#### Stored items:

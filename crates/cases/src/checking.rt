// The call *check*.
use checker::Verdict;
use network::refusal::Refusal;
use std::io;
use trials::read::Words;
use trials::setting::Setting;
use trials::show::Set;
use trials::{read, show};

fn answered(rt: &impl Print, answer: Result<Verdict, Refusal>) -> io::Result<()> {
    match answer {
        Ok(Verdict::Pass) => print!(rt; " pass"),
        Ok(Verdict::Pair(a, b)) => print!(rt; " pair {a} {b}"),
        Err(refusal) => show::refusal(rt, refusal.into()),
    }
}

// What a line gives: n and k, and after the colon the vectors.
fn given(line: &[u8]) -> Option<(u64, u64, Words)> {
    let ([nets, class], vectors) = read::with_list::<2>(line)?;
    Some((nets, class, vectors))
}

pub fn try_line(rt: &impl Print, setting: &Setting, line: &[u8]) -> io::Result<()> {
    let Some((nets, class, vectors)) = given(line) else {
        return show::unreadable(rt);
    };
    let vectors = vectors.as_slice();
    print!(rt; "check {} ->", Set(nets, class, vectors))?;
    answered(rt, checker::check(setting.network(nets), class, vectors))
}
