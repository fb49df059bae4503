// The call *findings* with a blank table of 64 records lent. A line gives n, then the reaches; with a receiver after n
// it asks for that receiver's record alone. Where there is one receiver a net, its number is the net's.
use findings::Finding;
use std::{fmt, io};
use trials::read::Words;
use trials::receivers::Receivers;
use trials::setting::Setting;
use trials::show::Named;
use trials::{read, show};

// Kind, reach and partners of each record.
#[derive(Clone, Copy)]
struct Records<'a>(&'a [Finding]);

impl fmt::Display for Records<'_> {
    fn fmt<W: fmt::Write>(&self, f: &mut fmt::Formatter<W>) -> fmt::Result {
        let mut comma = "";
        for finding in self.0 {
            write!(
                f,
                "{comma} {} {} {}",
                finding.kind, finding.reach, finding.partners
            )?;
            comma = ",";
        }
        Ok(())
    }
}

// How many records are left as they were, if all of them are.
#[derive(Clone, Copy)]
struct Rest<'a>(&'a [Finding]);

impl fmt::Display for Rest<'_> {
    fn fmt<W: fmt::Write>(&self, f: &mut fmt::Formatter<W>) -> fmt::Result {
        if self.0.iter().all(|&finding| finding == BLANK) {
            write!(f, ", kept {}", self.0.len())
        } else {
            write!(f, ", changed")
        }
    }
}

// A record with nothing in it.
const BLANK: Finding = Finding {
    kind: 0,
    reach: 0,
    partners: 0,
};

// Shows the call and its result: the refusal, or a record a receiver; then how many records are left as they were.
fn try_findings(rt: &impl Print, setting: &Setting, nets: u64, state: &[u64]) -> io::Result<()> {
    let receivers = setting.receivers.list(nets);
    let mut table = [BLANK; 64];
    let answer = findings::findings(
        setting.network(nets),
        receivers.as_slice(),
        state,
        &mut table,
    );
    print!(rt;
        "findings {nets}:{}{}; lent {} ->",
        Named(state, "reaches"),
        setting.receivers,
        table.len()
    )?;
    if let Err(refusal) = answer {
        show::refusal(rt, u64::from(refusal))?;
        return print!(rt; "{}", Rest(&table));
    }
    let (filled, rest) = table.split_at(receivers.len().min(table.len()));
    print!(rt; "{}{}", Records(filled), Rest(rest))
}

// Shows the call and receiver r's record of its result.
fn try_finding(
    rt: &impl Print,
    setting: &Setting,
    nets: u64,
    r: u64,
    state: &[u64],
) -> io::Result<()> {
    let receivers = setting.receivers.list(nets);
    let mut table = [BLANK; 64];
    let answer = findings::findings(
        setting.network(nets),
        receivers.as_slice(),
        state,
        &mut table,
    );
    let record_of = match setting.receivers {
        Receivers::Own => "net",
        Receivers::Given(_) => "receiver",
    };
    print!(rt;
        "finding {nets} {record_of} {r}:{}{} ->",
        Named(state, "reaches"),
        setting.receivers
    )?;
    if let Err(refusal) = answer {
        return show::refusal(rt, u64::from(refusal));
    }
    let mut filled = table.iter().take(receivers.len());
    match filled.nth(r as usize) {
        Some(finding) => print!(rt;
            " kind {}, reach {}, partners {}",
            finding.kind, finding.reach, finding.partners
        ),
        None => print!(rt; " no such receiver"),
    }
}

// What a line of all records gives: n, and after the colon the reaches.
fn given(line: &[u8]) -> Option<(u64, Words)> {
    let ([nets], reaches) = read::with_list::<1>(line)?;
    Some((nets, reaches))
}

// What a line of one record gives: n and a receiver, and after the colon the reaches.
fn given_one(line: &[u8]) -> Option<(u64, u64, Words)> {
    let ([nets, r], reaches) = read::with_list::<2>(line)?;
    Some((nets, r, reaches))
}

pub fn try_line(rt: &impl Print, setting: &Setting, line: &[u8]) -> io::Result<()> {
    if let Some((nets, reaches)) = given(line) {
        return try_findings(rt, setting, nets, reaches.as_slice());
    }
    if let Some((nets, r, reaches)) = given_one(line) {
        return try_finding(rt, setting, nets, r, reaches.as_slice());
    }
    show::unreadable(rt)
}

#### TASK STATEMENT:
Each of the entries must be set down again exactly.

#### ANSWER FOR THIS EXERCISE:
filename crates/cases/src/checking.rt
// The call *check*.
use checker::Verdict;
use network::refusal::Refusal;
use std::io;
use trials::read::Words;
use trials::setting::Setting;
use trials::show::Set;
use trials::{read, show};

fn answered(rt: &impl Print, answer: Result<Verdict, Refusal>) -> io::Result<()> {
    match answer {
        Ok(Verdict::Pass) => print!(rt; " pass"),
        Ok(Verdict::Pair(a, b)) => print!(rt; " pair {a} {b}"),
        Err(refusal) => show::refusal(rt, refusal.into()),
    }
}

// What a line gives: n and k, and after the colon the vectors.
fn given(line: &[u8]) -> Option<(u64, u64, Words)> {
    let ([nets, class], vectors) = read::with_list::<2>(line)?;
    Some((nets, class, vectors))
}

pub fn try_line(rt: &impl Print, setting: &Setting, line: &[u8]) -> io::Result<()> {
    let Some((nets, class, vectors)) = given(line) else {
        return show::unreadable(rt);
    };
    let vectors = vectors.as_slice();
    print!(rt; "check {} ->", Set(nets, class, vectors))?;
    answered(rt, checker::check(setting.network(nets), class, vectors))
}
repository fb49df059bae4503
// The call *findings* with a blank table of 64 records lent. A line gives n, then the reaches; with a receiver after n
// it asks for that receiver's record alone. Where there is one receiver a net, its number is the net's.
use findings::Finding;
use std::{fmt, io};
use trials::read::Words;
use trials::receivers::Receivers;
use trials::setting::Setting;
use trials::show::Named;
use trials::{read, show};

// Kind, reach and partners of each record.
#[derive(Clone, Copy)]
struct Records<'a>(&'a [Finding]);

impl fmt::Display for Records<'_> {
    fn fmt<W: fmt::Write>(&self, f: &mut fmt::Formatter<W>) -> fmt::Result {
        let mut comma = "";
        for finding in self.0 {
            write!(
                f,
                "{comma} {} {} {}",
                finding.kind, finding.reach, finding.partners
            )?;
            comma = ",";
        }
        Ok(())
    }
}

// How many records are left as they were, if all of them are.
#[derive(Clone, Copy)]
struct Rest<'a>(&'a [Finding]);

impl fmt::Display for Rest<'_> {
    fn fmt<W: fmt::Write>(&self, f: &mut fmt::Formatter<W>) -> fmt::Result {
        if self.0.iter().all(|&finding| finding == BLANK) {
            write!(f, ", kept {}", self.0.len())
        } else {
            write!(f, ", changed")
        }
    }
}

// A record with nothing in it.
const BLANK: Finding = Finding {
    kind: 0,
    reach: 0,
    partners: 0,
};

// Shows the call and its result: the refusal, or a record a receiver; then how many records are left as they were.
fn try_findings(rt: &impl Print, setting: &Setting, nets: u64, state: &[u64]) -> io::Result<()> {
    let receivers = setting.receivers.list(nets);
    let mut table = [BLANK; 64];
    let answer = findings::findings(
        setting.network(nets),
        receivers.as_slice(),
        state,
        &mut table,
    );
    print!(rt;
        "findings {nets}:{}{}; lent {} ->",
        Named(state, "reaches"),
        setting.receivers,
        table.len()
    )?;
    if let Err(refusal) = answer {
        show::refusal(rt, u64::from(refusal))?;
        return print!(rt; "{}", Rest(&table));
    }
    let (filled, rest) = table.split_at(receivers.len().min(table.len()));
    print!(rt; "{}{}", Records(filled), Rest(rest))
}

// Shows the call and receiver r's record of its result.
fn try_finding(
    rt: &impl Print,
    setting: &Setting,
    nets: u64,
    r: u64,
    state: &[u64],
) -> io::Result<()> {
    let receivers = setting.receivers.list(nets);
    let mut table = [BLANK; 64];
    let answer = findings::findings(
        setting.network(nets),
        receivers.as_slice(),
        state,
        &mut table,
    );
    let record_of = match setting.receivers {
        Receivers::Own => "net",
        Receivers::Given(_) => "receiver",
    };
    print!(rt;
        "finding {nets} {record_of} {r}:{}{} ->",
        Named(state, "reaches"),
        setting.receivers
    )?;
    if let Err(refusal) = answer {
        return show::refusal(rt, u64::from(refusal));
    }
    let mut filled = table.iter().take(receivers.len());
    match filled.nth(r as usize) {
        Some(finding) => print!(rt;
            " kind {}, reach {}, partners {}",
            finding.kind, finding.reach, finding.partners
        ),
        None => print!(rt; " no such receiver"),
    }
}

// What a line of all records gives: n, and after the colon the reaches.
fn given(line: &[u8]) -> Option<(u64, Words)> {
    let ([nets], reaches) = read::with_list::<1>(line)?;
    Some((nets, reaches))
}

// What a line of one record gives: n and a receiver, and after the colon the reaches.
fn given_one(line: &[u8]) -> Option<(u64, u64, Words)> {
    let ([nets, r], reaches) = read::with_list::<2>(line)?;
    Some((nets, r, reaches))
}

pub fn try_line(rt: &impl Print, setting: &Setting, line: &[u8]) -> io::Result<()> {
    if let Some((nets, reaches)) = given(line) {
        return try_findings(rt, setting, nets, reaches.as_slice());
    }
    if let Some((nets, r, reaches)) = given_one(line) {
        return try_finding(rt, setting, nets, r, reaches.as_slice());
    }
    show::unreadable(rt)
}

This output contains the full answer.